Lets look at the versions of structured_data and TF we have. Make sure TF is 1.0.0, and SD is 0.0.1.

In [12]:
import os

import tensorflow as tf
from tensorflow.python.lib.io import file_io

import datalab.ml as ml

print('tf ' + str(tf.__version__))
print('sd ' + str(sd.__version__))

tf 1.0.0
sd 0.0.1


This notebook will write files during preprocessing. Please give a root folder you wish to use.

In [13]:
LOCAL_ROOT = './iris_notebook_workspace' # This should be the same as what was used in the local iris notebook
CLOUD_ROOT = 'gs://' + datalab_project_id() + 'iris-classification-datalab'

if not file_io.file_exists(LOCAL_ROOT):
  raise ValueError('LOCAL_ROOT not found.

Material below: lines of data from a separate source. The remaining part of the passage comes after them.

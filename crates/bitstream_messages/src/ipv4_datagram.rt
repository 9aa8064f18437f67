//! The header of an IPv4 packet with its options (RFC 791, section 3.1).
//!
//! Made by `./format` from formats/ipv4_datagram.fields: edit that file and make this one anew.
ghost use Rattle.bitstream_messages.specs.Ipv4Datagram.{ipv4_datagram_decoder, ipv4_datagram_writes, ipv4_datagram_size, ipv4_datagram_bits, Fits, becomes_ipv4_datagram, ecn_of, ecn_number, ecn_read, options_stated};
ghost use Rattle.bitstream_messages.specs.declared.ipv4_datagram.Ipv4Datagram.{Ipv4Datagram};
ghost use Rattle.bitstream_messages.specs.declared.ipv4_datagram.Ipv4DatagramError.{Ipv4DatagramError};
ghost use Rattle.bitstream_messages.specs.declared.ipv4_datagram.Ipv4DatagramError.TheVariants.{Reader};
ghost use Rattle.std.specs.Prelude.{◌≡◌, ◌<◌, ◌≤◌, ◌*◌, ◌++◌, ◌⊎◌, ℕ, Bool, true, List, Ok, Err, length, IfOk, IsOk};
ghost use Rattle.std.specs.declared.io.ErrorKind.TheVariants.{WriteZero};
ghost use Rattle.bitstream_io.specs.Callers.{Done, Error, Order, High, bits, write_sequence, Reads, OwnAnswer, WritesAll, AllAccepted, sequence_length, sure_answer, GrowsOwn, MayAllocate, OutOfMemory, Stream, result_map, same_error};
ghost use Rattle.bitstream_io.specs.SliceMut.{HoldsFirst, written_bytes};

use bitstream_format::stated::{stated_size, stored_size};
use bitstream_io::{
    BE, BitRead, BitReadExt, BitReader, BitWrite, BitWriteExt, Bits, Error, FromBitStreamUsing,
    SliceMut, ToBitStream, pack_into,
};
use std::alloc::Global;
use std::marker::Model;

/// The header of an IPv4 packet with its options (RFC 791, section 3.1).
///
/// ```text
///  0                   1                   2                   3
///  0 1 2 3 4 5 6 7 8 9 0 1 2 3 4 5 6 7 8 9 0 1 2 3 4 5 6 7 8 9 0 1
/// +-+-+-+-+-+-+-+-+-+-+-+-+-+-+-+-+-+-+-+-+-+-+-+-+-+-+-+-+-+-+-+-+
/// |   =4  |options|    dscp   |ecn|             length            |
/// +-+-+-+-+-+-+-+-+-+-+-+-+-+-+-+-+-+-+-+-+-+-+-+-+-+-+-+-+-+-+-+-+
/// |               id              |=|k|m|          offset         |
/// +-+-+-+-+-+-+-+-+-+-+-+-+-+-+-+-+-+-+-+-+-+-+-+-+-+-+-+-+-+-+-+-+
/// |      ttl      |    protocol   |            checksum           |
/// +-+-+-+-+-+-+-+-+-+-+-+-+-+-+-+-+-+-+-+-+-+-+-+-+-+-+-+-+-+-+-+-+
/// |                             source                            |
/// +-+-+-+-+-+-+-+-+-+-+-+-+-+-+-+-+-+-+-+-+-+-+-+-+-+-+-+-+-+-+-+-+
/// |                             target                            |
/// +-+-+-+-+-+-+-+-+-+-+-+-+-+-+-+-+-+-+-+-+-+-+-+-+-+-+-+-+-+-+-+-+
/// /             options (4 * options_bytes - 20 bytes)            /
/// +-+-+-+-+-+-+-+-+-+-+-+-+-+-+-+-+-+-+-+-+-+-+-+-+-+-+-+-+-+-+-+-+
/// ```
#[derive(Debug, Drop)]
pub struct Ipv4Datagram {
    /// The class of service. Below 2^6.
    pub dscp: u8,
    /// The congestion mark of the path (RFC 3168).
    pub ecn: Ecn,
    /// The bytes of the packet, with this header.
    pub length: u16,
    /// The packet that a fragment belongs to.
    pub id: u16,
    /// True if the packet must not be fragmented.
    pub keep_whole: bool,
    /// True if more fragments follow.
    pub more: bool,
    /// The place of the fragment, in units of 8 bytes. Below 2^13.
    pub offset: u16,
    /// The number of routers that may still forward it.
    pub ttl: u8,
    /// The protocol of the payload.
    pub protocol: u8,
    /// The checksum of the header.
    pub checksum: u16,
    /// The sender.
    pub source: [u8; 4],
    /// The receiver.
    pub target: [u8; 4],
    /// The options.
    pub options: Vec<u8>,
}

impl Model for Ipv4Datagram {
    ghost use Rattle.bitstream_messages.specs.Ipv4DatagramFields.{Ipv4DatagramFields};

    ghost Value = { Ipv4DatagramFields };

    ghost view = { λ value. record {
      dscp = value.dscp;
      ecn = value.ecn;
      length = value.length;
      id = value.id;
      keep_whole = value.keep_whole;
      more = value.more;
      offset = value.offset;
      ttl = value.ttl;
      protocol = value.protocol;
      checksum = value.checksum;
      source = value.source;
      target = value.target;
      options = value.options.items;
    } };
}

/// The errors of reading an `Ipv4Datagram`.
#[derive(Debug, Drop, thiserror::Error)]
pub enum Ipv4DatagramError {
    /// An error of the reader.
    #[error("{0}")]
    Reader(Error),
    /// The version is not 4.
    #[error("the version is not 4")]
    OtherVersion,
    /// The reserved bit is set.
    #[error("the reserved bit is set")]
    ReservedSet,
    /// The size of `options` is below the 20 bytes that it counts too.
    #[error("the size of `options` is below the 20 bytes that it counts too")]
    ShortHeader,
}

impl From<Error> for Ipv4DatagramError {
    ghost from_gives = { becomes_ipv4_datagram };

    fn from(error: Error) -> Ipv4DatagramError {
        Ipv4DatagramError::Reader(error)
    }
}

/// The congestion mark of the path (RFC 3168).
#[derive(Clone, Copy, Debug, PartialEq)]
pub enum Ecn {
    /// Encoded as 0.
    NotCapable,
    /// Encoded as 1.
    Ect1,
    /// Encoded as 2.
    Ect0,
    /// Encoded as 3.
    Congested,
}

impl Ecn {
    /// Decodes a number.
    pub fn of(number: u8) -> Ecn
        ensures { result ≡ ecn_of number }
    {
        if number == 0 {
            return Ecn::NotCapable;
        }
        if number == 1 {
            return Ecn::Ect1;
        }
        if number == 2 {
            return Ecn::Ect0;
        }
        Ecn::Congested
    }

    /// Returns the number of the case.
    pub fn number(self) -> u8
        ensures { result ≡ ecn_number self }
    {
        match self {
            Ecn::NotCapable => 0,
            Ecn::Ect1 => 1,
            Ecn::Ect0 => 2,
            Ecn::Congested => 3,
        }
    }

    /// Reads a number of 2 bits, and decodes it.
    pub fn read<R: BitRead>(reader: &mut R) -> Result<Ecn, Error>
        ensures { Reads R.source (ecn_read R.source.order) reader.old result reader.new }
    {
        let number = reader.read::<Bits<2>, u8>()?;
        Ok(Ecn::of(number))
    }
}

/// Reads `options`. The number `stored` states its size.
fn read_stated_options<R: BitRead>(
    reader: &mut R,
    alloc: Global,
    stored: u64,
) -> Result<Vec<u8>, Ipv4DatagramError>
    ensures { GrowsOwn R.source becomes_ipv4_datagram (options_stated R.source.order stored)
        reader.old (result_map (λ found. found.items) result) reader.new }
{
    match stated_size(stored, 4, 20, 0) {
        Some(size) => Ok(reader.read_to_vec(alloc, size as usize)?),
        None => Err(Ipv4DatagramError::ShortHeader),
    }
}

impl Ipv4Datagram {
    /// The number of bits before each line of the description.
    pub const PLACES: [u64; 16] = [
        0, 4, 8, 14, 16, 32, 48, 49, 50, 51, 64, 72, 80, 96, 128, 160,
    ];

    /// Reads the fields in order.
    ///
    /// # Errors
    ///
    /// `OtherVersion`, `ReservedSet` or `ShortHeader`, after the rejected bits have been read.
    /// `Reader(OutOfMemory)` if an allocation for a list fails. The items before the failure
    /// have been read.
    /// Otherwise the reader's errors, after which it has failed.
    pub fn read<R: BitRead>(
        reader: &mut R,
        alloc: Global,
    ) -> Result<Ipv4Datagram, Ipv4DatagramError>
        ensures { GrowsOwn R.source becomes_ipv4_datagram (ipv4_datagram_decoder R.source.order) reader.old result reader.new }
    {
        reader.read_const::<Bits<4>, Bits<4>, Ipv4DatagramError>(Ipv4DatagramError::OtherVersion)?;
        let options_bytes = reader.read::<Bits<4>, u64>()?;
        let dscp = reader.read::<Bits<6>, u8>()?;
        let ecn = Ecn::read(reader)?;
        let length_ = reader.read::<Bits<16>, u16>()?;
        let id = reader.read::<Bits<16>, u16>()?;
        reader.read_const::<Bits<1>, Bits<0>, Ipv4DatagramError>(Ipv4DatagramError::ReservedSet)?;
        let keep_whole = reader.read_bit()?;
        let more_ = reader.read_bit()?;
        let offset = reader.read::<Bits<13>, u16>()?;
        let ttl = reader.read::<Bits<8>, u8>()?;
        let protocol = reader.read::<Bits<8>, u8>()?;
        let checksum = reader.read::<Bits<16>, u16>()?;
        let source = reader.read_to_bytes::<[u8; 4]>()?;
        let target = reader.read_to_bytes::<[u8; 4]>()?;
        let options = read_stated_options(reader, alloc, options_bytes)?;
        Ok(Ipv4Datagram {
            dscp,
            ecn,
            length: length_,
            id,
            keep_whole,
            more: more_,
            offset,
            ttl,
            protocol,
            checksum,
            source,
            target,
            options,
        })
    }

    /// Parses the value at the start of `packet`.
    ///
    /// # Errors
    ///
    /// `OtherVersion`, `ReservedSet` or `ShortHeader` if bits are rejected.
    /// `Reader(EndOfInput)` if the bytes end before the fields do.
    /// `Reader(OutOfMemory)` if the allocation for an item of a list fails.
    pub fn parse(packet: &[u8], alloc: Global) -> Result<Ipv4Datagram, Ipv4DatagramError>
        ensures answer { (OwnAnswer becomes_ipv4_datagram (λ answer. answer)
            (sure_answer ((ipv4_datagram_decoder High).reads 0 (bits High packet.now))) result)
            ⊎ ((result ≡ Err (Ipv4DatagramError.Reader OutOfMemory))
            × MayAllocate (ipv4_datagram_decoder High) 0 (bits High packet.now)) }
        ensures back { (value : Ipv4Datagram) (more : List Bool) → Fits value
            → bits High packet.now ≡ write_sequence (ipv4_datagram_writes High value) 0 ++ more
            → (result ≡ Ok value)
            ⊎ (result ≡ Err (Ipv4DatagramError.Reader OutOfMemory)) }
    {
        ipv4_datagram_round_trip();
        Ipv4Datagram::read(&mut BitReader::<_, BE>::over(packet), alloc)
    }

    /// Writes the fields in order.
    ///
    /// # Errors
    ///
    /// `Checked` for a field that does not fit its bits. The fields before it have been written.
    /// Otherwise the sink's errors.
    pub fn write<W: BitWrite>(&self, writer: &mut W) -> Result<(), Error>
        ensures { WritesAll W.sink (ipv4_datagram_writes W.sink.order self.now) writer.old result writer.new }
    {
        writer.write_const::<Bits<4>, Bits<4>>()?;
        writer.write::<Bits<4>, u64>(stored_size(self.options.len() as u64, 4, 20, 0))?;
        writer.write::<Bits<6>, u8>(self.dscp)?;
        writer.write::<Bits<2>, u8>(self.ecn.number())?;
        writer.write::<Bits<16>, u16>(self.length)?;
        writer.write::<Bits<16>, u16>(self.id)?;
        writer.write_const::<Bits<1>, Bits<0>>()?;
        writer.write_bit(self.keep_whole)?;
        writer.write_bit(self.more)?;
        writer.write::<Bits<13>, u16>(self.offset)?;
        writer.write::<Bits<8>, u8>(self.ttl)?;
        writer.write::<Bits<8>, u8>(self.protocol)?;
        writer.write::<Bits<16>, u16>(self.checksum)?;
        writer.write_bytes(&self.source)?;
        writer.write_bytes(&self.target)?;
        writer.write_bytes(&self.options)?;
        Ok(())
    }

    /// Writes the fields to the first bytes of a buffer, and returns what was written. The other bytes
    /// stay as they were. Does not allocate.
    ///
    /// # Errors
    ///
    /// `Checked` for the first field that does not fit its bits, however long the buffer is.
    /// `Stream(WriteZero)` if all fields fit, and the buffer is too short for the bits.
    /// After an error, the first bytes of the buffer may have changed.
    pub fn pack_into<'a>(&self, buffer: &'a mut [u8]) -> Result<SliceMut<'a>, Error>
        ensures packed { IfOk result (λ packed. bits High (written_bytes packed) ≡ ipv4_datagram_bits self.now) }
        ensures first { IfOk result (HoldsFirst buffer.entry.ghost_name buffer.old) }
        ensures accepted { IsOk result → AllAccepted (ipv4_datagram_writes High self.now) 0 }
        ensures misfit { (error : Error) → sequence_length (ipv4_datagram_writes High self.now) 0 ≡ Err error
            → result ≡ Err error }
        ensures room { Fits self.now → ipv4_datagram_size High self.now ≤ 8 * length buffer.old
            → IsOk result }
        ensures short { Fits self.now → 8 * length buffer.old < ipv4_datagram_size High self.now
            → result ≡ Err (Stream WriteZero) }
    {
        pack_into::<BE, Ipv4Datagram>(self, buffer)
    }
}

impl FromBitStreamUsing for Ipv4Datagram {
    type Context = Global;

    type Error = Ipv4DatagramError;

    ghost grows = { true };

    ghost becomes = { becomes_ipv4_datagram };

    ghost reads = { λ o _. ipv4_datagram_decoder o };

    fn from_reader<R: BitRead>(
        reader: &mut R,
        alloc: Global,
    ) -> Result<Ipv4Datagram, Ipv4DatagramError> {
        Ipv4Datagram::read(reader, alloc)
    }
}

impl ToBitStream for Ipv4Datagram {
    type Error = Error;

    ghost becomes = { same_error };

    ghost writes = { ipv4_datagram_writes };

    fn to_writer<W: BitWrite>(&self, writer: &mut W) -> Result<(), Error> {
        self.write(writer)
    }
}

/// A value that fits its bits is read back as it was written, in either order of bits, at any place.
/// The read takes only the bits that were written: `ipv4_datagram_size` is their number.
pub fn ipv4_datagram_round_trip()
    ensures back { (o : Order) (value : Ipv4Datagram) (at from : ℕ) (more : List Bool) → Fits value
        → let written = write_sequence (ipv4_datagram_writes o value) at in
        (ipv4_datagram_decoder o).reads from (written ++ more) ≡ Done (length written) (Ok (Ok value)) }
    ensures size { (o : Order) (value : Ipv4Datagram) (at : ℕ) → Fits value
        → length (write_sequence (ipv4_datagram_writes o value) at) ≡ ipv4_datagram_size o value }
{}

Did you run the local notebook?')
!gsutil mb {CLOUD_ROOT}



Updates are available for some Cloud SDK components.  To install them,
please run:
  $ gcloud components update

Creating gs://cloud-ml-deviris-classification-datalab/...
ServiceException: 409 Bucket cloud-ml-deviris-classification-datalab already exists.


First, let us put the csv files on GCS

In [14]:
!gsutil cp {os.path.join(LOCAL_ROOT, 'train.csv')} {CLOUD_ROOT}
!gsutil cp {os.path.join(LOCAL_ROOT, 'schema.json')} {CLOUD_ROOT}

Copying file://./iris_notebook_workspace/train.csv [Content-Type=text/csv]...
/ [1 files][  3.8 KiB/  3.8 KiB]                                                
Operation completed over 1 objects/3.8 KiB.                                      
Copying file://./iris_notebook_workspace/schema.json [Content-Type=application/json]...

Operation completed over 1 objects/573.0 B.                                      


<a name="local_preprocessing"></a>
Preprocessing with BigQuery starting from csv files on GCS
=====

In [15]:
!gsutil rm -fr {CLOUD_ROOT}/preprocess

Removing gs://cloud-ml-deviris-classification-datalab/preprocess/numerical_analysis.json#1487959460975199...
Removing gs://cloud-ml-deviris-classification-datalab/preprocess/schema.json#1487959464566198...
Removing gs://cloud-ml-deviris-classification-datalab/preprocess/vocab_flower.csv#1487959463775178...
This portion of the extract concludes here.